◆ **TASK REQUIREMENTS**: From the records below, print exactly the lines starting at the one containing "each number has." and ending at the one containing "has these lines.", ends included, and nothing else.

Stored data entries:

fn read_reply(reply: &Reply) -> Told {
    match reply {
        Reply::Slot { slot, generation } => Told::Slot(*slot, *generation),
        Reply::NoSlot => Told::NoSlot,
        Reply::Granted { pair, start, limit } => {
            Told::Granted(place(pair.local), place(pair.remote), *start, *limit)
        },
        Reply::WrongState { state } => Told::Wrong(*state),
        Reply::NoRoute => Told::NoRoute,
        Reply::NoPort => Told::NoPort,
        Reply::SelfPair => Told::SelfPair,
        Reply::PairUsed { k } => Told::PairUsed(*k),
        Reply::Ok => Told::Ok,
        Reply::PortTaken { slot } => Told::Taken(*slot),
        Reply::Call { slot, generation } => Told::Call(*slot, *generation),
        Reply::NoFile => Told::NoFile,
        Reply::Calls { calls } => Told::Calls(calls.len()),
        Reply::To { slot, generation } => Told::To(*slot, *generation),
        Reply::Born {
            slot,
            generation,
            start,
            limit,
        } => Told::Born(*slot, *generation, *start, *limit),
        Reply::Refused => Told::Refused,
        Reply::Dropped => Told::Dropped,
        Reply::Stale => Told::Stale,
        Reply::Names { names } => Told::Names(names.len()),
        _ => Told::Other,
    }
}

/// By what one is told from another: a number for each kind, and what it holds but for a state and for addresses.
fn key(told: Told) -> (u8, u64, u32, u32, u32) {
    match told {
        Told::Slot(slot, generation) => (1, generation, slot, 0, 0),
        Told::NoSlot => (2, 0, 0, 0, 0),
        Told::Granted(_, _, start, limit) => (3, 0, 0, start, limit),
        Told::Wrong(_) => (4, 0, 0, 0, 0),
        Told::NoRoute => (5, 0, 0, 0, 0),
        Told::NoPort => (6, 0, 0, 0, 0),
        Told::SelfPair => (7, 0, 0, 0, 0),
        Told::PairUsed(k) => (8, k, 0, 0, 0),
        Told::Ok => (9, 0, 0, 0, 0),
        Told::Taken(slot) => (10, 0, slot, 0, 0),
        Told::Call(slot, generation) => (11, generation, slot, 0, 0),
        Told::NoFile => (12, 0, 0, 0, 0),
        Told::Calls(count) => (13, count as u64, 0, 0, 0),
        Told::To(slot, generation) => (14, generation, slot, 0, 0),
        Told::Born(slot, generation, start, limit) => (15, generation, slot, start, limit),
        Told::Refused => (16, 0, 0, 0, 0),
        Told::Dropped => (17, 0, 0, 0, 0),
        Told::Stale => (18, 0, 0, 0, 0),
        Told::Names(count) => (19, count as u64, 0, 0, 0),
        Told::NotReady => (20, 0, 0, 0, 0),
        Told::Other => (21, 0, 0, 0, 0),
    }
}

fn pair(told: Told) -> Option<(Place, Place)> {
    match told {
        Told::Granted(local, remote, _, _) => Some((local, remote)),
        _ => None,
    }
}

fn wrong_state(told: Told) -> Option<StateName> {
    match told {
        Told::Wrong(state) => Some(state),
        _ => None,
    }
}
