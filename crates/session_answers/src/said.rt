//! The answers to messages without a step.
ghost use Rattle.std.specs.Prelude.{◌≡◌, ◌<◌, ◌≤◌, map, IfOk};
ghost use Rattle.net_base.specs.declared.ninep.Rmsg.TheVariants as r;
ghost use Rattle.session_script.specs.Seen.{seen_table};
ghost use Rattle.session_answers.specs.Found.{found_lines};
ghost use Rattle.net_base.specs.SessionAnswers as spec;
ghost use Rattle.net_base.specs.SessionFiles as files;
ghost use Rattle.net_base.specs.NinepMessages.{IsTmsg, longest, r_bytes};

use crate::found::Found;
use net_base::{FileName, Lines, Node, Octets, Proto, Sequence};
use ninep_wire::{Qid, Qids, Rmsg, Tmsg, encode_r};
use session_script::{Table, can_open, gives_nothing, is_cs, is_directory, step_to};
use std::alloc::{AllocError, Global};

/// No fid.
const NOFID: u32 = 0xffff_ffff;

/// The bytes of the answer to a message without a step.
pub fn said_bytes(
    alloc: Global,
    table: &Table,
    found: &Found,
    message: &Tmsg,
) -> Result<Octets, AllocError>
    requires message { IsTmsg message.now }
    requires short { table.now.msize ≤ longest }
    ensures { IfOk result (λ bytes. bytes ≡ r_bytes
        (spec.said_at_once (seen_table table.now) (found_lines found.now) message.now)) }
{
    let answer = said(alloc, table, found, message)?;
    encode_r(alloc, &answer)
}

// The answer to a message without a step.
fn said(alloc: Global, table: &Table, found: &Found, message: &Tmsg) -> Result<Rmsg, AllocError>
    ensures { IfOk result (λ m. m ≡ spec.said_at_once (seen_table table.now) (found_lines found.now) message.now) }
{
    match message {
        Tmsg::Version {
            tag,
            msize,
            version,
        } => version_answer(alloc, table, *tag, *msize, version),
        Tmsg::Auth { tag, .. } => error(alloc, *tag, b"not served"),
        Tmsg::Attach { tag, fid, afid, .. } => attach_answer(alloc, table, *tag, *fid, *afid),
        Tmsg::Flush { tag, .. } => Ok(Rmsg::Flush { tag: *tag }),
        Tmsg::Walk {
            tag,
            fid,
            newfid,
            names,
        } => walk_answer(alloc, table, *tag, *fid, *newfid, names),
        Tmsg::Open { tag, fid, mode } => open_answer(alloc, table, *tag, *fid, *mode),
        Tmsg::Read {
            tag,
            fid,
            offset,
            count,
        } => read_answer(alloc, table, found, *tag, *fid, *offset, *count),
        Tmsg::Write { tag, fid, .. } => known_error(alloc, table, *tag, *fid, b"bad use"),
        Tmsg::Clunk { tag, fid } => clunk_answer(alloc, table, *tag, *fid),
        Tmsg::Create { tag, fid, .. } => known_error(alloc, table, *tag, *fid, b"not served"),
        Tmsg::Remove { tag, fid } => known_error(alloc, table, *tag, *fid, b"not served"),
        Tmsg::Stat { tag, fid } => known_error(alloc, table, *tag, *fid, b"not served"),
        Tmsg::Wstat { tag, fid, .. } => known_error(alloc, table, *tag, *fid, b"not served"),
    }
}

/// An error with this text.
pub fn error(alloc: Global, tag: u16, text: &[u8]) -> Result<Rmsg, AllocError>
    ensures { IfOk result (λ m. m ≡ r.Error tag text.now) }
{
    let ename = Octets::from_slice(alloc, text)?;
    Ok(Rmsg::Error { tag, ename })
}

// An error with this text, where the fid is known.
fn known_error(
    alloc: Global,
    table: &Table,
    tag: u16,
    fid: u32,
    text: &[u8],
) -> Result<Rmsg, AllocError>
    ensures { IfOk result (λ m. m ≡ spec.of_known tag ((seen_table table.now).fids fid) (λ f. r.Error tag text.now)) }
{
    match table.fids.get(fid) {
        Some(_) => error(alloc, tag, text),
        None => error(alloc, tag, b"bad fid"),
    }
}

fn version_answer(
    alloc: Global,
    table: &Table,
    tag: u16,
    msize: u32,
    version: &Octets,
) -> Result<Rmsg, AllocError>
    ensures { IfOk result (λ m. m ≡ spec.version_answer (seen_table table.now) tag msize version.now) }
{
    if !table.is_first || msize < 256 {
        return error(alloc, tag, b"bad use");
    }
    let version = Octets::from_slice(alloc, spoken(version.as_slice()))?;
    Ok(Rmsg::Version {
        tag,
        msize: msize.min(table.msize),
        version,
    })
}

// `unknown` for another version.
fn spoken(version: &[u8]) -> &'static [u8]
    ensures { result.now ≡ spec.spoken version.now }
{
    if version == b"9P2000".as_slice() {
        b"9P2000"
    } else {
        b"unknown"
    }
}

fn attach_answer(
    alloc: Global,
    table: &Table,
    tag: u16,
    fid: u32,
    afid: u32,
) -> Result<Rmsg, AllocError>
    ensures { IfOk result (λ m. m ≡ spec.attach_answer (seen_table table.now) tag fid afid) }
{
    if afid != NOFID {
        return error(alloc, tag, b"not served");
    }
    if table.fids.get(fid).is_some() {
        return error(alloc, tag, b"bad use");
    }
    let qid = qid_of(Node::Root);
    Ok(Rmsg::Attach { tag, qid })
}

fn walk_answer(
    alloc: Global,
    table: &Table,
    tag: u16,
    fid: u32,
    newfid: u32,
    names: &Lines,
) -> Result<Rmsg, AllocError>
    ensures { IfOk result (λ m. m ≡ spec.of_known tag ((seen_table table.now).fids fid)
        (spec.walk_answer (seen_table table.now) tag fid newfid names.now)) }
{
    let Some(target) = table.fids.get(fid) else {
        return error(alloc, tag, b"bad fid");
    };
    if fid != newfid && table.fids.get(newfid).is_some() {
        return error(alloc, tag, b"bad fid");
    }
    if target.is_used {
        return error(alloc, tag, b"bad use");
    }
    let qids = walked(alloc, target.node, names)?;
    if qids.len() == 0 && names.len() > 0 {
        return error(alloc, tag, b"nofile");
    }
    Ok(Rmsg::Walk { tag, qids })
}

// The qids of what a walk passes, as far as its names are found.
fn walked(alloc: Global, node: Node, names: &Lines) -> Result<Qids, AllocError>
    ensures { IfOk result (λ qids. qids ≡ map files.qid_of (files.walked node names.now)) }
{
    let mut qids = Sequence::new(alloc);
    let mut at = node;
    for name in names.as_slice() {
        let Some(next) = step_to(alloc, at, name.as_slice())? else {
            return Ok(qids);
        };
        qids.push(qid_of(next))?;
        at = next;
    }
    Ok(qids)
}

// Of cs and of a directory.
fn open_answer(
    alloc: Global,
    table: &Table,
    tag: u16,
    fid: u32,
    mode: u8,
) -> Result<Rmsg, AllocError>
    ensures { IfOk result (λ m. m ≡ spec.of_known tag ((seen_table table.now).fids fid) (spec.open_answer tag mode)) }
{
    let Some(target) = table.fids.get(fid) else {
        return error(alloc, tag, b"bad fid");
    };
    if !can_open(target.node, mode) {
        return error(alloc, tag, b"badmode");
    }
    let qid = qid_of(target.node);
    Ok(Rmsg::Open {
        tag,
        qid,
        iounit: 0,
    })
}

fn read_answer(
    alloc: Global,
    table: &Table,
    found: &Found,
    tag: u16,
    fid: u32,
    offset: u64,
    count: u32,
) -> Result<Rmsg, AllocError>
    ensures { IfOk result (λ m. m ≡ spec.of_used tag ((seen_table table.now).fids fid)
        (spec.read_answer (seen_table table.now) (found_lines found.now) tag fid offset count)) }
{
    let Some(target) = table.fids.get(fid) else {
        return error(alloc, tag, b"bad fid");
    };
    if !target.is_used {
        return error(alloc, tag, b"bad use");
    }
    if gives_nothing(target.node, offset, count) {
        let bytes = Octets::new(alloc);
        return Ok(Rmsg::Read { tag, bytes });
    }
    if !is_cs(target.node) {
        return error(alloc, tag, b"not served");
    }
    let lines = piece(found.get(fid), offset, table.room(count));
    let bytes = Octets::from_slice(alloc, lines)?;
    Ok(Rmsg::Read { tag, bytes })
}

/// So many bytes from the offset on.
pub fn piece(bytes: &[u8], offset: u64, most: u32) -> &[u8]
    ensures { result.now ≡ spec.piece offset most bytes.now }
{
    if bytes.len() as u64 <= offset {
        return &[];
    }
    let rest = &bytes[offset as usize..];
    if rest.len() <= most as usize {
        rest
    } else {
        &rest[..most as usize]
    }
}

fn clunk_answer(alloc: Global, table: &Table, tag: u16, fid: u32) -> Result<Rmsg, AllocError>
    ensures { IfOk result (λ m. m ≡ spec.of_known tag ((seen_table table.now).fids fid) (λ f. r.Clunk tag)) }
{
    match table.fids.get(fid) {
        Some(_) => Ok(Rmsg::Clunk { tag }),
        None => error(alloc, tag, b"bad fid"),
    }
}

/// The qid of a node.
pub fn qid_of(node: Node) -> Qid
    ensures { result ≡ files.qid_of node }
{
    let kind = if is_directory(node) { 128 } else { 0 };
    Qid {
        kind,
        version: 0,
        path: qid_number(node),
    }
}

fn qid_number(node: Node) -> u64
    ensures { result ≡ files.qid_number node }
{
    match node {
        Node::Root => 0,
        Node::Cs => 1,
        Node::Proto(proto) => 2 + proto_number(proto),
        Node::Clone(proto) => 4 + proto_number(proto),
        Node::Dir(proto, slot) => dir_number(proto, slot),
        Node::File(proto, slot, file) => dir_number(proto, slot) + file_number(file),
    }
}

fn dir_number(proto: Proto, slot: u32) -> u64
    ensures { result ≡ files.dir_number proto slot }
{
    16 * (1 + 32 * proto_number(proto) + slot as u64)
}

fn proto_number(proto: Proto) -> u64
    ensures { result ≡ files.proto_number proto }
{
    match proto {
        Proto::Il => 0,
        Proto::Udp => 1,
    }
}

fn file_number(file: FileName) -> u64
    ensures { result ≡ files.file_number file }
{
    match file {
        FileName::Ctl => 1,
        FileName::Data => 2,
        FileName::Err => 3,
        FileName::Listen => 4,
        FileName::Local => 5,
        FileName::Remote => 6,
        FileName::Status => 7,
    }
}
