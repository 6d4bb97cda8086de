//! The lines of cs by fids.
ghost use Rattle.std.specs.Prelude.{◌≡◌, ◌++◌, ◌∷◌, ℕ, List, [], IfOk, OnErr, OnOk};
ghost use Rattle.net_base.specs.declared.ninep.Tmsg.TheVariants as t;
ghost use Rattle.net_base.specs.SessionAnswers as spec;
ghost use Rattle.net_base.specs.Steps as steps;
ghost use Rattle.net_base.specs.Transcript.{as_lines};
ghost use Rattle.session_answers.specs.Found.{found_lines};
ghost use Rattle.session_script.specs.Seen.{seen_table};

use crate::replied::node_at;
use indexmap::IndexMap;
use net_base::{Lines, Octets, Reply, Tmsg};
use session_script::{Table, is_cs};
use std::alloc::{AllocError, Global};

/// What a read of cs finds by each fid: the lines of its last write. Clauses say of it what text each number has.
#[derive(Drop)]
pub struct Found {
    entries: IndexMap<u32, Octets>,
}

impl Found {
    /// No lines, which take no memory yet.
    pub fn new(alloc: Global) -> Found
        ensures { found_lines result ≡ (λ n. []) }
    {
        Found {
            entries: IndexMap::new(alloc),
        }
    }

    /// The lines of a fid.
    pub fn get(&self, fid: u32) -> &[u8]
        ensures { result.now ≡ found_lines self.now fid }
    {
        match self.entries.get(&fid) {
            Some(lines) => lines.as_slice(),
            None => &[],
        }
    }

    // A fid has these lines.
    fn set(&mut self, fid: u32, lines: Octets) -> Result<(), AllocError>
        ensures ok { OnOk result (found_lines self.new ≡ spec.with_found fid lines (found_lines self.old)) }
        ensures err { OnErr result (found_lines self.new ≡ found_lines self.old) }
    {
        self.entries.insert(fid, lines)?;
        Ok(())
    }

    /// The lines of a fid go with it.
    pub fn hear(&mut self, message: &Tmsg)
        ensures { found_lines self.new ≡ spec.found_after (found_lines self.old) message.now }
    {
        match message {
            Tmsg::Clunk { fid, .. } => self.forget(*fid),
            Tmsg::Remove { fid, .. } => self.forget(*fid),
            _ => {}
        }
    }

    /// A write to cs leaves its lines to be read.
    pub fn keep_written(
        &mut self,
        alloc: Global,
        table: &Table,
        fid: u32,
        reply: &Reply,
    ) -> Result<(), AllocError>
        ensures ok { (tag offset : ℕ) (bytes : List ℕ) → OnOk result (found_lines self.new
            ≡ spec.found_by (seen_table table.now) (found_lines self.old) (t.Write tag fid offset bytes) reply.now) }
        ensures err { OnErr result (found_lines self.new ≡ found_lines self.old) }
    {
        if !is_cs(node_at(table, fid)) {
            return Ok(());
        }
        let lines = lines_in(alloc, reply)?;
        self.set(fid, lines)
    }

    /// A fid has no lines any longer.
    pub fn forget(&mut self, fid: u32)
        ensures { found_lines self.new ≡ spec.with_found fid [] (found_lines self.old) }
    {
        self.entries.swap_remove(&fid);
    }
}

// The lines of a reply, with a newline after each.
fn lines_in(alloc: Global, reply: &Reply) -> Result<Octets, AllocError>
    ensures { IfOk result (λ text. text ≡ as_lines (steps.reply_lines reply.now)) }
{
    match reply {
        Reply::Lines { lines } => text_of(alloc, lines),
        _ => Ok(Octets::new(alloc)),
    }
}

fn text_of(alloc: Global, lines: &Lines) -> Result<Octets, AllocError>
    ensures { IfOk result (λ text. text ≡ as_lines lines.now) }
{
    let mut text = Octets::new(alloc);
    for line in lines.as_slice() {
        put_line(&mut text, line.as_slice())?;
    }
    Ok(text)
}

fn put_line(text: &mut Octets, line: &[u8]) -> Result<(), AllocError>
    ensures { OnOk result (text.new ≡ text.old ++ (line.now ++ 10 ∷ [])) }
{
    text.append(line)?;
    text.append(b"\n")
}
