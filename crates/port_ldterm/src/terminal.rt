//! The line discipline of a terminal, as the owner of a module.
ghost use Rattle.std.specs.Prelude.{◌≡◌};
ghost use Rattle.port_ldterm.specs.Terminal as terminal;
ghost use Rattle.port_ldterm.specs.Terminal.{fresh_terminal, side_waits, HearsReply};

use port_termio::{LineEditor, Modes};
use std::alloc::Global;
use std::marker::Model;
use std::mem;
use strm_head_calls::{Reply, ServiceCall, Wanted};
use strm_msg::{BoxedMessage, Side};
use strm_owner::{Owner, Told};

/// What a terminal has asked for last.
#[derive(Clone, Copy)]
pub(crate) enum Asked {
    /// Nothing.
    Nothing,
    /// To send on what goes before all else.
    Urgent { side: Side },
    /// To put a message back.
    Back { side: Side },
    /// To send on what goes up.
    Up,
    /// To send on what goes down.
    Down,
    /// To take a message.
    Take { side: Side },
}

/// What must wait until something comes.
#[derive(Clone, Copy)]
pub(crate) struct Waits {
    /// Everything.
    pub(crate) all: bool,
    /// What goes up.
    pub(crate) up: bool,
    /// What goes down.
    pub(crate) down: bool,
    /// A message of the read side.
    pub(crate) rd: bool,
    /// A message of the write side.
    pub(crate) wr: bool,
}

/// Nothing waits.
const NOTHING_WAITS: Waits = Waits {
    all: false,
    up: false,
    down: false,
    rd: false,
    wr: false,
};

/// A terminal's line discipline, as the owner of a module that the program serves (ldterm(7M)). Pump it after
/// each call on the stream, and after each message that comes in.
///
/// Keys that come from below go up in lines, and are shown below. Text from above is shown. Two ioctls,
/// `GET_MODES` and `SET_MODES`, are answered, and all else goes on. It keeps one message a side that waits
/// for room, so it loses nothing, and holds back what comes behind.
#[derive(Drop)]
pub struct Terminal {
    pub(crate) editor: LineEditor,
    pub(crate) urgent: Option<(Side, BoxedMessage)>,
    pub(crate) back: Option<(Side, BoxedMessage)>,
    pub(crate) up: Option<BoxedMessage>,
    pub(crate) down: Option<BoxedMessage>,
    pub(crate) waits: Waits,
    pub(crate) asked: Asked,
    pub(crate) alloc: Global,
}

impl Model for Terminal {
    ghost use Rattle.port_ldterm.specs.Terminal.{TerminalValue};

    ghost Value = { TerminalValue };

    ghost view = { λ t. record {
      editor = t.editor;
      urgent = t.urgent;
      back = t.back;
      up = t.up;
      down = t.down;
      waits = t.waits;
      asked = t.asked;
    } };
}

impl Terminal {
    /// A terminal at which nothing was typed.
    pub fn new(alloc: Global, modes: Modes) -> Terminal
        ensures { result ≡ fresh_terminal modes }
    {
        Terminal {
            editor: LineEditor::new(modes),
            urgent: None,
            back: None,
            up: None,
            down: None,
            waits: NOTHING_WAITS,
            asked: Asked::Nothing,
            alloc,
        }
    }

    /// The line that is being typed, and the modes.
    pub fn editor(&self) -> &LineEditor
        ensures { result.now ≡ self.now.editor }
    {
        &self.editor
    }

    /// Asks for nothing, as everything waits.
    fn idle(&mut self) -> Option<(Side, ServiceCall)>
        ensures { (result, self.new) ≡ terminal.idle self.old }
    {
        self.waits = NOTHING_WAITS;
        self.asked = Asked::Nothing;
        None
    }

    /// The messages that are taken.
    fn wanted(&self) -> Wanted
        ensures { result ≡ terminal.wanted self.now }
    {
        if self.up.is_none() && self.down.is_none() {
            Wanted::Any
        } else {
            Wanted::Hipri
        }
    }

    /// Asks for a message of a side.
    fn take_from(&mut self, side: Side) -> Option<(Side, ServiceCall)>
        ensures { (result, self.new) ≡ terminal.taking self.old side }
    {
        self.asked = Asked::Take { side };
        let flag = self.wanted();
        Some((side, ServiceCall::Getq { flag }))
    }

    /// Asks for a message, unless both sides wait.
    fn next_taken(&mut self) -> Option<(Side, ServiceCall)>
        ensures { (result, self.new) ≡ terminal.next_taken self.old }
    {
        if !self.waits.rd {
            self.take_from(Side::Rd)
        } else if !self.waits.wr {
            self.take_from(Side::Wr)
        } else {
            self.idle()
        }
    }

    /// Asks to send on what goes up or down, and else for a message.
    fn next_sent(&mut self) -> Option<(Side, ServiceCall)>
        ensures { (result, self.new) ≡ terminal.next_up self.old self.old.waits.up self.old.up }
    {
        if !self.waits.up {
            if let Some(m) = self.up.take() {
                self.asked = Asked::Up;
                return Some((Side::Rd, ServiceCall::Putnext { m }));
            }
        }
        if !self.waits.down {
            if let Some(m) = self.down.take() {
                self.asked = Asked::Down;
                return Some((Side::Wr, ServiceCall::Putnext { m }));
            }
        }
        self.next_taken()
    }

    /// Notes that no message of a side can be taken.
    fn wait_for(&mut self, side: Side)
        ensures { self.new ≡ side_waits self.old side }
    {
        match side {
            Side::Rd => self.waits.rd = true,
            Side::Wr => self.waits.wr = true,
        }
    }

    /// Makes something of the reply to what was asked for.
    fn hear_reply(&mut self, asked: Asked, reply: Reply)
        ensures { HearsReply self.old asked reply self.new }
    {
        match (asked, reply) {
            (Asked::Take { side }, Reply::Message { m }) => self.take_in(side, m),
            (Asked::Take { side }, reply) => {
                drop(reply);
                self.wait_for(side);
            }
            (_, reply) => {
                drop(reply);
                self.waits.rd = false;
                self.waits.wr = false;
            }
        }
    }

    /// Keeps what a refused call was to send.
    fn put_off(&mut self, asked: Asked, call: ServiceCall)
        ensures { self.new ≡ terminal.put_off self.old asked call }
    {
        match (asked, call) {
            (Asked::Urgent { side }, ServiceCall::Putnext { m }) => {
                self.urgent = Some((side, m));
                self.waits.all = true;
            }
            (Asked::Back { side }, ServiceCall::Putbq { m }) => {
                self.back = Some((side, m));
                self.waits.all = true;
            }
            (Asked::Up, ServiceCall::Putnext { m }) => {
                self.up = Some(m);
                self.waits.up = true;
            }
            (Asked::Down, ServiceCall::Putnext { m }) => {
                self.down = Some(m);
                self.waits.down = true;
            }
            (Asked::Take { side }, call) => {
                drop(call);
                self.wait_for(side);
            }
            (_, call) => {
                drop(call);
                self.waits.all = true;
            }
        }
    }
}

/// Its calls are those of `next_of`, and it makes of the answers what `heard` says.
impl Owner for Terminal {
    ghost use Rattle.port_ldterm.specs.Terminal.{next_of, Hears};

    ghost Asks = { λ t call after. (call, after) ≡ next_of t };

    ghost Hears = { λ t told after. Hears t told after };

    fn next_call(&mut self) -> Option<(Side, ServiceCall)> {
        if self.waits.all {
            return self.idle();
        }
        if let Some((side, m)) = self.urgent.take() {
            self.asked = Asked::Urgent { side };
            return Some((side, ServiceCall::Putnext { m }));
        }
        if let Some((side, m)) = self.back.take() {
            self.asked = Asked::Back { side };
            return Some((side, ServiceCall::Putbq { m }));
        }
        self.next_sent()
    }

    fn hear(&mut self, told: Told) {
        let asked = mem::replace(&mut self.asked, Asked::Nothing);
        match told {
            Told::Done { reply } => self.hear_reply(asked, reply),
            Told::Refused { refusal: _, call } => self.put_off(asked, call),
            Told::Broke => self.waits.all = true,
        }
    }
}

◆ **RESULT OF THE TASK**:
/// What a read of cs finds by each fid: the lines of its last write. Clauses say of it what text each number has.
#[derive(Drop)]
pub struct Found {
    entries: IndexMap<u32, Octets>,
}

impl Found {
    /// No lines, which take no memory yet.
    pub fn new(alloc: Global) -> Found
        ensures { found_lines result ≡ (λ n. []) }
    {
        Found {
            entries: IndexMap::new(alloc),
        }
    }

    /// The lines of a fid.
    pub fn get(&self, fid: u32) -> &[u8]
        ensures { result.now ≡ found_lines self.now fid }
    {
        match self.entries.get(&fid) {
            Some(lines) => lines.as_slice(),
            None => &[],
        }
    }

    // A fid has these lines.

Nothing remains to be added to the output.